Marissa began to plait Hosanna’s forelock. The horse pricked his ears toward her but shifted away so that she dropped his forelock and started on his mane. The strength of the long, smooth hair as she neatly divided it up and wound it around her fingers made her unexpectedly honest. “I’m just a misfit, Will,” she said at last. “I don’t really belong anywhere. Even if I had lands, or even if you were to give me a dowry, I still don’t want to marry any of the people who might want to marry me. You know the truth, Will, even if you don’t like it. If I can’t marry you, I don’t want anybody else. That’s how this whole convent thing began. It seemed the only option—and it meant I could be with you at least a little longer.”
Will leaned against Hosanna’s flank. “You make me feel so guilty,” he said, “and that’s not how I want to remember you, Marissa. When you’re not goading Elric or being contrary, you’re as strong and brave as”—he was going to say Ellie but just stopped himself, and although Marissa knew, she did not want to bark at him now so she let it pass—“as the best of us.” Will began to brush again and was suddenly quite sure what he should say. “God needs people like you in places like this, you know.

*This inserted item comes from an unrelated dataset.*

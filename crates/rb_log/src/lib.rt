//! The log of a daemon: lines of what calls changed, of those that were refused, and of how many were left out.
#![tactic(auto)]

mod log;

pub use log::Log;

I know I said you wouldn’t make a good nun when we were at home, but you could, if you wanted to, and although ordinary nuns may not count for much, abbesses do.” He looke
d directly at her now although he never stopped brushing. “It would make me very proud to think of you as an abbess, running a convent and frightening the bishop.” He smiled uncertainly and Marissa smiled wanly back.

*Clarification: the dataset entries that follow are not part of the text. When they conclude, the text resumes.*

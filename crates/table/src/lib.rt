// The reader and the writer of tables and of inputs records, from bytes or from numbers: what may stand where is said by `ranges`, number by number.
#![tactic(auto)]

mod skips;
mod tests;

ghost use Rattle.std.specs.Prelude.{◌≡◌};
ghost use Rattle.coding.specs.Code.{code_at, values, bytes_of_all};
ghost use Rattle.coding.specs.Room.{read_by, write_by, stored};
ghost use Rattle.ranges.specs.Limits.{most_processes};
ghost use Rattle.table.specs.Table.{role_of, noted, ended_at, table_grammar, inputs_grammar};
ghost use Rattle.table.specs.Working.Looking.{Looked};

use coding::{Answer, Cause, Refusal, Source};
use ranges::{Step, Want};

// Room for the count of processes and the states of at most 64: at place 0 the one, at place p the states of process p,
// as the definition `noted` has them.
const COUNTS: usize = 65;

// What a number that is wanted is to the second look at the tests.
// An enum of its own: there are five cases, where Option and Result have two.
#[derive(Clone, Copy)]
enum Role {
    // how many processes there are
    ProcessCount,
    // how many active states a process has
    StateCount(u16),
    // a test's a, of this kind; its b, of this kind and with this a (the kind a number, as in the definition `role_of`)
    OfTestA(u16),
    OfTestB(u16, u16),
    Other,
}

// What the first look at an accepted source finds: how many numbers it has, and the counts of processes and states.
#[derive(Clone, Copy)]
struct Seen {
    count: usize,
    counts: [u16; COUNTS],
}

fn role_of(want: Want) -> Role
    ensures { result ≡ role_of want }
{
    match want {
        Want::Processes(_) => Role::ProcessCount,
        Want::States(_, p) => Role::StateCount(p),
        Want::TestA(_, _, kind) => Role::OfTestA(kind),
        Want::TestB(_, _, kind, a) => Role::OfTestB(kind, a),
        _ => Role::Other,
    }
}

// Keeps a count of processes or of states.
fn note(role: Role, v: u16, counts: &mut [u16])
    ensures { counts.new ≡ noted role v counts.old }
{
    match role {
        Role::ProcessCount => coding::set_at(counts, 0, v),
        Role::StateCount(p) => coding::set_at(counts, usize::from(p), v),
        Role::OfTestA(_) | Role::OfTestB(_, _) | Role::Other => {}
    }
}

// The first look at the whole source, from the first number that is wanted on: what may not stand there is refused, and what is left over.
fn look<S: Source>(most: u16, first: Want, source: S) -> Result<Seen, Refusal>
    ensures { Looked most first ((S.places source).code 0) result }
{
    let mut counts = [0u16; COUNTS];
    let mut want = first;
    let mut at: usize = 0;
    let mut n: usize = 0;
    // No `for`: how far a step goes shows only after it, so there is no index to range over.
    loop {
        let stand = skips::skip(want, source, at, n);
        want = stand.want;
        at = stand.at;
        n = stand.count;
        let number = source.number_at(at)?;
        match ranges::advance(most, want, number.value) {
            Step::NotAllowed => {
                return Err(Cause::NotAllowed.at(at));
            }
            Step::Last => {
                let count = ended_at(n + 1, number.next, source.size())?;
                return Ok(Seen { count, counts });
            }
            Step::More(more) => {
                note(role_of(want), number.value, &mut counts);
                want = more;
                at = number.next;
                n += 1;
            }
        }
    }
}

// So many numbers, if nothing is left over.
#[tactic(auto, unfolding(crate::specs::Table::ended_at))]
fn ended_at(n: usize, next: usize, size: usize) -> Answer
    ensures { result ≡ ended_at n next size }
{
    if next < size {
        Err(Cause::LeftOver.at(next))
    } else {
        Ok(n)
    }
}

// A table of at most `most` processes: how many numbers it has, or the first fault.
#[tactic(auto, unfolding(crate::specs::Table::table_grammar))]
fn check_table<S: Source>(most: u16, source: S) -> Answer
    ensures { result ≡ table_grammar most ((S.places source).code 0) }
{
    let seen = look(most, Want::Inputs, source)?;
    tests::second_look(most, &seen.counts, seen.count, source)
}

// An inputs record of so many input variables.
#[tactic(auto, unfolding(crate::specs::Table::inputs_grammar))]
fn check_inputs<S: Source>(inputs: u16, source: S) -> Answer
    ensures { result ≡ inputs_grammar inputs ((S.places source).code 0) }
{
    if ranges::MOST_VARIABLES < inputs {
        return Err(Cause::NotAllowed.at(0));
    }
    let seen = look(0, Want::Scans(inputs), source)?;
    Ok(seen.count)
}

// Reads a table's bytes into numbers.
pub fn read_table(code: &[u8], out: &mut [u16]) -> Answer
    ensures { (result ≡ read_by (table_grammar most_processes) code.now out.old)
        × (out.new ≡ stored result out.old (values (code_at code.now 0))) }
{
    coding::read_checked(check_table(ranges::MOST_PROCESSES, code), code, out)
}

// Writes a table's numbers as bytes.
#[tactic(auto, unfolding(coding::specs::Code::numbers_from))]
pub fn write_table(numbers: &[u16], buf: &mut [u8]) -> Answer
    ensures { (result ≡ write_by (table_grammar most_processes) numbers.now buf.old)
        × (buf.new ≡ stored result buf.old (bytes_of_all numbers.now)) }
{
    coding::write_checked(check_table(ranges::MOST_PROCESSES, numbers), numbers, buf)
}

// Reads the bytes of an inputs record into numbers.
pub fn read_inputs(inputs: u16, code: &[u8], out: &mut [u16]) -> Answer
    ensures { (result ≡ read_by (inputs_grammar inputs) code.now out.old)
        × (out.new ≡ stored result out.old (values (code_at code.now 0))) }
{
    coding::read_checked(check_inputs(inputs, code), code, out)
}

// Writes the numbers of an inputs record as bytes.
#[tactic(auto, unfolding(coding::specs::Code::numbers_from))]
pub fn write_inputs(inputs: u16, numbers: &[u16], buf: &mut [u8]) -> Answer
    ensures { (result ≡ write_by (inputs_grammar inputs) numbers.now buf.old)
        × (buf.new ≡ stored result buf.old (bytes_of_all numbers.now)) }
{
    coding::write_checked(check_inputs(inputs, numbers), numbers, buf)
}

“I would like to count,” she whispered, “it’s just that I don’t feel called by God.”
“Perhaps the prioress is right and that will come,” said Will slowly. “It might, Marissa, if you let it.”
Marissa’s smile disappeared. “I don’t want it to,” she spoke loudly. “I want to choose what I do, Will, not just settle for something to make you feel better. It’s—” she stopped. “What’s this?” She peered at Hosanna’s neck. “Elric should take more care,” she said sharply. “He has nicked Hosanna with a knife.” She pushed Hosanna’s head around so that the nick caught the light. Then she gave a small exclamation. “How strange! Look, Will. It’s the same shape as the scar between my ribs.”
Will peered closely. “Are you sure?”
Marissa nodded. “I’m quite sure,” she said. “It’s that triangle shape, the shape of Kamil’s knife. Does Elric have a knife like that, too?”
“No,” said Will slowly, “he doesn’t.” He let Hosanna’s mane drop. Outside, the air was suddenly full of the bells for Vespers. The sound disturbed the bats and as one darted down, Marissa seized Will’s hand, the scar forgotten. “If I refuse to stay here, will God punish you to punish me, Will? I couldn’t live with myself if that happened.”